Hi, i know this is a year old but, when i set my speedshift epp to 0 I get really high temps was wondering if you could help me out? idk much about throttlestop or undervolting in general.


----------



## unclewebb (Oct 31, 2020)

Tarik2719 said:


> idk much about throttlestop or undervolting in general.


You seem like you are interested in this subject. There are a pile of YouTube videos available that discuss using ThrottleStop to undervolt your CPU. Spend a week getting to know the program and what it can do. There are links in the ThrottleStop download to guides and a 1200 page forum on Notebook Review where everything ThrottleStop related has been discussed. Try using the Search button in the ThrottleStop forum at Notebook Review and try using the search feature here at the TechPowerUp forums. 

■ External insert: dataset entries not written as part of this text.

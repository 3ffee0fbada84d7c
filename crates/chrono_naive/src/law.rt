//! Laws of dates, each as the contract of a function: the ends of the dates, their names, weeks, month moves, lists and
//! texts.
ghost use Rattle.std.specs.Prelude.{◌≡◌, ◌↔◌, ◌<◌, ◌≤◌, ◌+◌, ◌-◌, ◌*◌, ◌/◌, ◌≤ℤ◌, ◌+ℤ◌, ℕ, ℤ, Some, None, pos, neg_ℤ, length, slice_get, codes};
ghost use Rattle.chrono_units.specs.declared.weekday.Weekday.{Weekday};
ghost use Rattle.chrono_calendar.specs.Days.{IsDate, date_of_day, day_of, month_of, ordinal_of, year_of};
ghost use Rattle.chrono_calendar.specs.Recurrence.{dates_left};
ghost use Rattle.chrono_calendar.specs.Weeks.{date_of_nth_weekday, iso_week_of, iso_year_of, weekday_of};
ghost use Rattle.chrono_naive.specs.DateLists.{IsDayCursor, days_from, days_left, weeks_from};
ghost use Rattle.chrono_naive.specs.DateText.{date_text};

use crate::naive_date::{MAX_DATE, MIN_DATE, NaiveDate};
pub use chrono_calendar::law::{
    calendar_comes_again, calendar_names_are_in_order, counts_add_up, counts_between_days,
    dates_are_counted, dates_are_days_of_years, dates_have_one_calendar_name,
    dates_have_one_iso_name, dates_have_one_number, dates_have_one_ordinal_name, days_have_names,
    first_where_is_least, iso_names_are_in_order, iso_weeks_begin_on_monday, known_days,
    known_moves, known_recurrences, known_weeks, later_multiples_are_later, month_moves_add_up,
    month_moves_come_back, month_moves_keep_order, month_moves_reach_dates,
    months_are_days_in_a_row, months_have_28_to_31_days, names_have_days,
    ordinal_names_are_in_order, weekdays_follow, weekly_counts_come_again,
    weeks_have_one_first_day, whole_years_are_birthdays, years_and_months_rise,
};

/// Two dates of one name are one date. The name may be a calendar date, an ordinal date or a week date.
///
/// Call it in a function that compares the names of two dates, in front of the comparison.
pub fn dates_of_one_name_are_one(first: NaiveDate, second: NaiveDate)
    ensures calendar { year_of first ≡ year_of second → month_of first ≡ month_of second
        → day_of first ≡ day_of second → first ≡ second }
    ensures ordinal { year_of first ≡ year_of second → ordinal_of first ≡ ordinal_of second
        → first ≡ second }
    ensures iso { iso_year_of first ≡ iso_year_of second → iso_week_of first ≡ iso_week_of second
        → weekday_of first ≡ weekday_of second → first ≡ second }
{}

/// The text of a date in the years 0 to 9999 has ten bytes.
pub fn four_digit_years_have_ten_bytes()
    ensures { (n : ℤ) → pos 0 ≤ℤ year_of n → year_of n ≤ℤ pos 9_999 → length (date_text n) ≡ 10 }
{}

/// The text of a date has at most thirteen bytes.
pub fn dates_have_at_most_thirteen_bytes()
    ensures { (n : ℤ) → IsDate n → length (date_text n) ≤ 13 }
{}

/// Different dates have different texts.
pub fn dates_have_texts_of_their_own()
    ensures { (n m : ℤ) → IsDate n → IsDate m → date_text n ≡ date_text m → n ≡ m }
{}

/// The first date, as [`NaiveDate::MIN`] and as [`MIN_DATE`]: its day number is -95,746,129.
///
/// ```
/// law::first_date() // (-262143-01-01, -262143-01-01)
/// ```
pub fn first_date() -> (NaiveDate, NaiveDate)
    ensures of_type { result.0 ≡ neg_ℤ (pos 95_746_129) }
    ensures of_crate { result.1 ≡ neg_ℤ (pos 95_746_129) }
{
    (NaiveDate::MIN, MIN_DATE)
}

/// The last date, as [`NaiveDate::MAX`] and as [`MAX_DATE`]: its day number is 95,745,399.
///
/// ```
/// law::last_date() // (+262142-12-31, +262142-12-31)
/// ```
pub fn last_date() -> (NaiveDate, NaiveDate)
    ensures of_type { result.0 ≡ pos 95_745_399 }
    ensures of_crate { result.1 ≡ pos 95_745_399 }
{
    (NaiveDate::MAX, MAX_DATE)
}

/// States which date each item of an iterator is, and how many items there are. Items are counted from 0.
///
/// Item `k` of [`NaiveDate::iter_days`] lies `k` days after the start, if that is a date. Item `k` of
/// [`NaiveDate::iter_weeks`] lies `7 * k` days after the start, if the day a week after it is a date.
pub fn dates_lie_in_steps()
    ensures day { (n : ℤ) (k : ℕ) → IsDayCursor n →
        slice_get (days_from n) k ≡ date_of_day (n +ℤ pos k) }
    ensures days { (n : ℤ) → length (days_from n) ≡ dates_left n }
    ensures week { (n : ℤ) (k : ℕ) → IsDate (n +ℤ pos (7 * k + 7)) →
        slice_get (weeks_from n) k ≡ Some (n +ℤ pos (7 * k)) }
    ensures no_week { (n : ℤ) (k : ℕ) → IsDate n → (IsDate (n +ℤ pos (7 * k + 7)) → ⊥) →
        slice_get (weeks_from n) k ≡ None }
    ensures weeks { (n : ℤ) → length (weeks_from n) ≡ days_left n / 7 }
{}

/// States which day of a month is the `k`-th with its weekday: that of the `k`-th seven days. So a Friday from the 15th to
/// the 21st is the third Friday.
pub fn sevens_of_days_have_each_weekday()
    ensures nth { (n : ℤ) (k : ℕ) → IsDate n → 7 * (k - 1) < day_of n → day_of n ≤ 7 * k →
        date_of_nth_weekday (year_of n) (month_of n) (weekday_of n) k ≡ Some n }
    ensures is { (n : ℤ) (k : ℕ) (d : Weekday) → IsDate n →
        (date_of_nth_weekday (year_of n) (month_of n) d k ≡ Some n)
        ↔ ((weekday_of n ≡ d) × (7 * (k - 1) < day_of n) × (day_of n ≤ 7 * k)) }
{}

/// Known texts of six dates: two with years of four digits, the first day of year 0, the day before it, and both ends.
pub fn known_date_texts()
    ensures plain { date_text (pos 735_438) ≡ codes "2014-07-24" }
    ensures day_739250 { date_text (pos 739_250) ≡ codes "2024-12-30" }
    ensures year_zero { date_text (neg_ℤ (pos 365)) ≡ codes "0000-01-01" }
    ensures before_zero { date_text (neg_ℤ (pos 366)) ≡ codes "-0001-12-31" }
    ensures first { date_text (neg_ℤ (pos 95_746_129)) ≡ codes "-262143-01-01" }
    ensures last { date_text (pos 95_745_399) ≡ codes "+262142-12-31" }
{}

This thread was started last December. Best to start a new thread. Include lots of pictures of ThrottleStop. Show me what testing you have done and ask specific questions. I do not even know what CPU model you have. 

I am always willing to help but you have to spend some time getting to know the program.


----------



## hexaae (Jul 1, 2022)

unclewebb said:


> Once Speed Shift is enabled within the CPU, the only way to disable it is to reboot.  You cannot use software to disable Speed Shift while you are in Windows.  When ThrottleStop is open, if it says SST in green on the main screen, Speed Shift is enabled.
> 
> 
> 
> ...


One question about this old post and Speed Shift EPP vs Speed Step...
I have i7-8750h and at default Speed Shift EPP is not checked in main window (but SST is green).
Should I try set this ON and also from TPL enable Speed Shift checkmark (unchecked at default)?
In case, should I also disable old Speed Step from main window?

Or should I simply ignore everything since SST is green?
Thank you


----------



## unclewebb (Jul 2, 2022)

SST in green indicates that the BIOS has enabled Speed Shift Technology. When Speed Shift is enabled, having the older SpeedStep enabled or disabled seems to make no difference to anything. SpeedStep is no longer used when Speed Shift is enabled. 



hexaae said:


> Or should I simply ignore everything since SST is green?


That is usually best. 

When the Speed Shift EPP box is not checked on the main screen of ThrottleStop, use ThrottleStop to switch between the Windows High Performance power plan, the Windows Balanced power plan and the Windows Power Saver power plan. Each time you make a change, open the FIVR window, look at the monitoring table in the top right corner and see if the Speed Shift EPP value changes. Most recent computers will automatically change the EPP value to control the CPU. The High Performance power plan typically sets EPP to 0, Balanced sets EPP to 84 and Power Saver sets EPP to 153. If this is working correctly, there is no need to check the Speed Shift EPP box in ThrottleStop.


----------



## hexaae (Jul 3, 2022)

Thank you for reply. Yes, I can see it changing from 0-84 when I'm at desktop so everything seems ok leaving it as it is.


----------